Stewart Crameri maintains the innocence of the Essendon 34 in the controversial drugs saga that occurred over a decade ago, saying the players were manipulated into sitting down with ASADA.

Essendon 34 member Stewart Crameri says the banned group of Bombers will go to their graves believing they were duped and “manipulated” into providing testimony to an ASADA investigation which never had evidence of their supposed guilt.

Crameri is the ultimate victim of the Essendon ASADA scandal, denied a premiership after crossing to the Western Bulldogs when he was banned along with his 33 former teammates for the 2016 AFL season.

While Jobe Watson was forced to hand back his 2012 Brownlow Medal, Crameri would have been a walk-up start in the Dogs’ flag outfit that won a drought-breaking premiership.

Stewart Crameri was one of the victims of the Essendon drugs saga.
Stewart Crameri was one of the victims of the Essendon drugs saga.

He told the Herald Sun’s Sacked podcast players never doubted their innocence but were told by the club they should agree to interviews with Australia’s anti-doping body, ASADA.
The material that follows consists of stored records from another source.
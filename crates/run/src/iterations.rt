// One iteration on the lent slices.
ghost use Rattle.std.specs.Prelude.{◌≤◌, length};
ghost use Rattle.bounds.specs.Bounds.{most_nodes};
ghost use Rattle.packed.specs.Packed.{network_of};
ghost use Rattle.memory.specs.Memory.{memory_numbers};
ghost use Rattle.step.specs.Progress.{state_in};
ghost use Rattle.run.specs.Noted.{Iterating, Kept, Onward};
ghost use Rattle.run.specs.Runs.{Space};

use choice::RESOURCE_CAPACITIES;
use memory::pages::forget;
use packed::{LENGTHS, Net};
use step::Progress;

// What is remembered is forgotten where the lengths were halved: only then can a path be shorter than it was.
fn keep(halved: bool, n: u64, memory: &mut [u64])
    requires { (n ≤ most_nodes) × (memory_numbers ≤ length memory.old) }
    ensures { Kept halved n memory.old memory.new }
{
    if halved {
        forget(n, memory);
    }
}

// One iteration: the choice by the lengths, which some commodity joined makes certain, and the step along its path.
pub fn iterate(
    q: u64,
    threshold: u64,
    net: &Net<'_>,
    indexes: &[u64],
    flow: &mut [i64],
    tables: &mut [u64],
    memory: &mut [u64],
    path: &mut [u64],
    p: Progress,
) -> Progress
    requires room { Space net.now.shape q net.now.numbers.now indexes.now (length tables.old) (length path.old) }
    requires iterating { Iterating net.now.shape (network_of net.now) q threshold memory.old (state_in net.now.shape flow.old tables.old p) p }
    ensures { Onward net.now.shape (network_of net.now) q (state_in net.now.shape flow.old tables.old p) (state_in net.now.shape flow.new tables.new result) memory.new result }
{
    let m = net.shape.resources;
    let c = choice::choose(net, indexes, &tables[LENGTHS..LENGTHS + m], memory, path).unwrap();
    let r = step::step(
        q,
        threshold,
        net,
        &indexes[RESOURCE_CAPACITIES..RESOURCE_CAPACITIES + m],
        c,
        &path[..c.used],
        flow,
        tables,
        p,
    );
    keep(r.halved, net.shape.nodes, memory);
    r
}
Essendon chairman Paul Little claimed in an unearthed recording that AFL boss Gillon McLachlan told him: “There is a 99 per cent chance that the players won’t be charged”.

They complied with requests to speak to investigators as part of Essendon’s self-reporting over the administering of supplements, but were never found with any banned substances in their bodies.
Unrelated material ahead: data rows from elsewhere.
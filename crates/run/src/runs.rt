// The run: iterations until some load is at the threshold, on the lent slices.
ghost use Rattle.std.specs.Prelude.{◌≡◌, length};
ghost use Rattle.packed.specs.Packed.{network_of};
ghost use Rattle.method.specs.Run.{run};
ghost use Rattle.step.specs.Progress.{state_in, begun, begun_with};
ghost use Rattle.run.specs.Runs.{Space, Starting};

use crate::iterations::iterate;
use packed::Net;
use step::Progress;

// Nothing drawn yet, the least fraction 1 over 0, and D of the first lengths.
fn begin(weight: u64) -> Progress
    ensures { result ≡ begun_with weight }
{
    Progress {
        total: 0,
        count: 0,
        bound: 1,
        alpha: 0,
        best: 0,
        weight,
        halved: false,
        ended: false,
    }
}

// Iterations until some load is at the threshold, from first lengths of this weight. There are at most m * T of them: the count falls short
// of that by one less each time.
pub fn run(
    q: u64,
    net: &Net<'_>,
    indexes: &[u64],
    flow: &mut [i64],
    tables: &mut [u64],
    memory: &mut [u64],
    path: &mut [u64],
    weight: u64,
) -> Progress
    requires room { Space net.now.shape q net.now.numbers.now indexes.now (length tables.old) (length path.old) }
    requires starting { Starting net.now.shape (network_of net.now) memory.old (state_in net.now.shape flow.old tables.old begun) weight }
    ensures { state_in net.now.shape flow.new tables.new result ≡ run (network_of net.now) q }
{
    let m = net.shape.resources;
    let threshold = length::threshold(m as u64, q);
    let mut p = begin(weight);
    loop {
        p = iterate(q, threshold, net, indexes, flow, tables, memory, path, p);
        if p.ended {
            return p;
        }
    }
}
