// The run of the method on lent tables of numbers: one iteration, and iterations until some load is at the threshold.
#![tactic(auto)]

pub mod iterations;
pub mod runs;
NRL players refused interviews over similar accusations and ultimately accepted backdated 12-month bans which saw him missing only the last few months of the 2014 season.

Essendon’s players were charged then cleared by ASADA but a Court of Arbitration for Sport ruling saw them suspended for a season on January 12, 2016.

“I am thinking, ‘Are we in trouble here or what’s going on,’” Crameri said of the day Essendon self-reported.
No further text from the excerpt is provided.